Records for this exercise
//! What no contract says of inputs that are read whole: that each outcome does come.

use crate::tests::lines::Echo;
use std::alloc::{AllocError, Global};
use tsp_io::memory::{MemorySink, MemorySource};
use tsp_io::source::{Got, Source};
use tsp_lines::treat::Outcome;
use tsp_lines::treat_gathered::treat_gathered;

/// An input, how many octets a read gives at most, its limit, the reads that fail, how its
/// treatment should end, what is written, and how many octets one more read gives.
type Row = (
    &'static str,
    usize,
    u32,
    &'static [u32],
    Outcome,
    &'static str,
    usize,
);

/// Whether an input ends as the row says.
fn comes(alloc: Global, row: &Row) -> Result<bool, AllocError> {
    let (input, most, limit, reads, outcome, written, next) = *row;
    if most == 0 {
        return Ok(false);
    }
    let mut source = MemorySource::new(alloc, input.as_bytes(), reads)?.in_pieces(most);
    let mut sink = MemorySink::new(alloc, &[])?;
    let mut echo = Echo { lines: 0 };
    let ended = treat_gathered(alloc, u64::from(limit), &mut source, &mut sink, &mut echo);
    let right = ended == outcome && sink.written() == written.as_bytes();
    Ok(right && source.read(&mut [0; 8]) == Got::Got(next))
}

/// A line is refused, with another one behind it, once the input was read to its end. Nothing is written where a read
/// fails, here the third, and all of the lines where none does. Of five octets where three are allowed, one past the
/// limit is read, and not another one.
const ROWS: &[Row] = &[
    ("a\n!\nb\n", 2, 6, &[], Outcome::Bad, "a\nbad 2 mark\n", 0),
    ("a\nb\n", 2, 100, &[], Outcome::Ok, "a\nb\n", 0),
    ("a\nb\n", 2, 100, &[2], Outcome::ReadFault, "", 0),
    ("a\nb\nc", 100, 3, &[], Outcome::Limit, "a\nlimit 2\n", 1),
];

/// Each input ends as its row says.
#[test]
fn gathered_inputs_end(rt: HostRuntime) {
    for row in ROWS {
        assert!(rt; comes(rt.alloc(), row) == Ok(true), "{}", row.0);
    }
}
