//! Message lines and their values, that no other form is accepted, and hexadecimal.

use tsp_base::datagram::Datagram;
use tsp_base::kind::Kind;
use tsp_base::message::Body;
use tsp_base::micros::Micros;
use tsp_script::message_reader::message_of;
use tsp_script::messages::message_text;
use tsp_script::numbers::{append_hex, octets_of};
use tsp_script::text::Text;

/// Whether a line is read, and written again as it was.
fn comes_back(line: &[u8]) -> bool {
    match message_of(line) {
        Ok(datagram) => message_text(&datagram).as_slice() == line,
        Err(_) => false,
    }
}

/// Whether a line is an ADJTIME with this number, time and name.
fn is_adjtime(line: &[u8], number: u16, time: Option<Micros>, name: &[u8]) -> bool {
    match message_of(line) {
        Ok(Datagram::Message(message)) => {
            message.kind() == Kind::AdjTime
                && message.number() == number
                && Some(message.body()) == time.map(Body::Time)
                && message.name().octets() == name
        }
        _ => false,
    }
}

/// One message of each form.
const LINES: &[&str] = &[
    "adjtime 7 1234 alpha",
    "settime 9 -390001000 a%20b",
    "loop 5 9 n%c3%bc",
    "msite 3 %",
    "ack 65535 %25",
    "request 17208120794717752597 7",
    "reply 32767 1 2 -2147483647999999",
];

/// One message of each form, and a time's value.
#[test]
fn reads_messages(rt: HostRuntime) {
    for line in LINES {
        assert!(rt; comes_back(line.as_bytes()), "{line}");
    }
    assert!(rt; is_adjtime(b"adjtime 7 1234 alpha", 7, Micros::of(1234), b"alpha"));
}

/// Lines that differ from a message's line in one point.
const OTHERS: &[&str] = &[
    "",
    "ack",
    "ack 7",
    "ack 7 ",
    "ack 07 a",
    "ack +7 a",
    "ack -0 a",
    "ack 65536 a",
    "ack  7 a",
    "ack 7 a ",
    "ack 7 a b",
    "Ack 7 a",
    "ack 7 %41",
    "ack 7 %2D",
    "ack 7 %2d",
    "ack 7 %00",
    "ack 7 a%",
    "ack 7 5 a",
    "adjtime 7 a",
    "adjtime 7 01 alpha",
    "adjtime 7 2147483648000000 a",
    "loop 5 256 a",
    "request -0 1",
    "request 1",
    "reply 32768 0 0 0",
    "reply 1 0 0 -2147483648000000",
];

#[test]
fn refuses_other_spellings(rt: HostRuntime) {
    for line in OTHERS {
        assert!(rt; message_of(line.as_bytes()).is_err(), "read {line}");
    }
}

/// Whether these two octets are written as this text.
fn is_written(octets: &[u8; 2], text: &[u8]) -> bool {
    let mut out = Text::new();
    append_hex(&mut out, octets);
    out.as_slice() == text
}

/// Whether a text of four digits is read as these octets.
fn reads(text: &[u8; 4], wanted: &[u8]) -> bool {
    match octets_of(text) {
        Some(octets) => octets.as_slice() == wanted,
        None => false,
    }
}

/// Whether a text of at most 1,024 octets is read as no octets.
fn reads_none(text: &[u8]) -> bool {
    text.len() <= 1024 && octets_of(text).is_none()
}

/// Hexadecimal in both cases.
#[test]
fn reads_hexadecimal(rt: HostRuntime) {
    assert!(rt; is_written(&[1, 171], b"01ab"));
    assert!(rt; reads(b"01Ab", &[1, 171]));
    assert!(rt; reads_none(b"01a") && reads_none(b"zz"));
}
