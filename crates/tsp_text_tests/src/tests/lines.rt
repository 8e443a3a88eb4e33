//! What no contract says: that each outcome does come.
ghost use Rattle.std.specs.Prelude.{◌≡◌, ◌≤◌, length};

use arrayvec::ArrayVec;
use std::alloc::{AllocError, Global};
use tsp_io::memory::{MemorySink, MemorySource};
use tsp_io::sink::Sink;
use tsp_lines::cause::Cause;
use tsp_lines::output::Output;
use tsp_lines::treat::{Outcome, treat_all};
use tsp_lines::treatment::{Stop, Treatment};

/// Gives up to three lines back; refuses the line `!`, a long line and an empty input, and passes a
/// limit at `#`.
#[derive(Drop)]
pub(crate) struct Echo {
    pub(crate) lines: u32,
}

impl Treatment for Echo {
    ghost meaning = { record {
      accepts = λ lines text. Unit {0};
      refuses = λ lines line cause. Unit {0};
      limits = λ lines line. Unit {0};
      full = λ lines. 3 ≤ length lines;
      ends = λ lines more. Unit {0};
      lacks = λ lines cause. Unit {0};
    } };

    ghost stands = { λ echo lines. echo.lines ≡ length lines };

    fn is_full(&self) -> bool {
        self.lines >= 3
    }

    fn treat<K: Sink>(&mut self, line: &[u8], out: &mut Output, sink: &mut K) -> Result<(), Stop> {
        match line {
            [b'!'] => Err(Stop::Bad(Cause::of(b"mark"))),
            [b'#'] => Err(Stop::Limit),
            _ => {
                self.lines = self.lines.saturating_add(1);
                let mut text = ArrayVec::<u8, 1025>::new();
                let _ = text.try_extend_from_slice(line);
                let _ = text.try_push(b'\n');
                out.put(sink, text.as_slice())?;
                Ok(())
            }
        }
    }

    fn refuse_long(&mut self, _start: &[u8]) -> Cause {
        Cause::of(b"long")
    }

    fn end<K: Sink>(&mut self, _output: &mut Output, _sink: &mut K) -> Result<(), Stop> {
        if self.lines > 0 {
            Ok(())
        } else {
            let mut words = ArrayVec::new();
            let _ = words.try_extend_from_slice(b"empty");
            Err(Stop::Bad(Cause::new(words)))
        }
    }
}

/// An input and its limit, the reads and the writes that fail, how its treatment should end, and what is written.
type Row = (
    &'static str,
    u32,
    &'static [u32],
    &'static [u32],
    Outcome,
    &'static str,
);

/// Whether an input that is read two octets at a time ends as the row says.
fn comes(alloc: Global, row: &Row) -> Result<bool, AllocError> {
    let (input, limit, reads, writes, outcome, written) = *row;
    let mut source = MemorySource::new(alloc, input.as_bytes(), reads)?.in_pieces(2);
    let mut sink = MemorySink::new(alloc, writes)?;
    let mut echo = Echo { lines: 0 };
    let ended = treat_all(alloc, u64::from(limit), &mut source, &mut sink, &mut echo);
    Ok(ended == outcome && sink.written() == written.as_bytes())
}

const OUTCOMES: &[Row] = &[
    ("a\nbb\n", 100, &[], &[], Outcome::Ok, "a\nbb\n"),
    ("a\nbb", 100, &[], &[], Outcome::Ok, "a\nbb\n"),
    ("", 100, &[], &[], Outcome::Bad, "bad 1 empty\n"),
    ("a\n!\nb\n", 100, &[], &[], Outcome::Bad, "a\nbad 2 mark\n"),
    ("a\n#", 100, &[], &[], Outcome::Limit, "a\nlimit 2\n"),
    ("a\nb\nc", 4, &[], &[], Outcome::Limit, "a\nb\nlimit 3\n"),
    ("a\nb\n", 3, &[], &[], Outcome::Limit, "a\nlimit 2\n"),
    ("a\nb\n", 4, &[], &[], Outcome::Ok, "a\nb\n"),
    ("a\nb\n", 100, &[1], &[], Outcome::ReadFault, "a\n"),
    ("a\nb\n", 100, &[], &[0], Outcome::WriteFault, ""),
    ("a\nb\n", 100, &[], &[1], Outcome::WriteFault, "a\n"),
    // A fourth line isn't allowed: the first octet of one passes a limit.
    ("a\nb\nc\n", 100, &[], &[], Outcome::Ok, "a\nb\nc\n"),
    (
        "a\nb\nc\nd",
        100,
        &[],
        &[],
        Outcome::Limit,
        "a\nb\nc\nlimit 4\n",
    ),
    (
        "a\nb\nc\nd",
        100,
        &[3],
        &[],
        Outcome::ReadFault,
        "a\nb\nc\n",
    ),
];

/// Each outcome comes where it should, with what is written up to then.
#[test]
fn outcomes_come(rt: HostRuntime) {
    for row in OUTCOMES {
        assert!(rt; comes(rt.alloc(), row) == Ok(true));
    }
}

/// How a line of so many octets ends.
fn outcome_of(alloc: Global, count: usize) -> Result<Outcome, AllocError> {
    let mut input = ArrayVec::<u8, 2048>::new();
    for _ in 0..count {
        let _ = input.try_push(b'x');
    }
    let _ = input.try_push(b'\n');
    let mut source = MemorySource::new(alloc, input.as_slice(), &[])?;
    let mut sink = MemorySink::new(alloc, &[])?;
    let mut echo = Echo { lines: 0 };
    Ok(treat_all(alloc, 2048, &mut source, &mut sink, &mut echo))
}

/// A line of 1,024 octets is accepted, and one of 1,025 is refused where it ends.
#[test]
fn long_lines_are_refused(rt: HostRuntime) {
    assert!(rt; outcome_of(rt.alloc(), 1024) == Ok(Outcome::Ok));
    assert!(rt; outcome_of(rt.alloc(), 1025) == Ok(Outcome::Bad));
}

Task description
Among the entries above, copy exactly only the lines starting with the one containing "if most == 0" and going through the one containing "const ROWS: &[Row]", both ends included.

Output of the task
    if most == 0 {
        return Ok(false);
    }
    let mut source = MemorySource::new(alloc, input.as_bytes(), reads)?.in_pieces(most);
    let mut sink = MemorySink::new(alloc, &[])?;
    let mut echo = Echo { lines: 0 };
    let ended = treat_gathered(alloc, u64::from(limit), &mut source, &mut sink, &mut echo);
    let right = ended == outcome && sink.written() == written.as_bytes();
    Ok(right && source.read(&mut [0; 8]) == Got::Got(next))
}

/// A line is refused, with another one behind it, once the input was read to its end. Nothing is written where a read
/// fails, here the third, and all of the lines where none does. Of five octets where three are allowed, one past the
/// limit is read, and not another one.
const ROWS: &[Row] = &[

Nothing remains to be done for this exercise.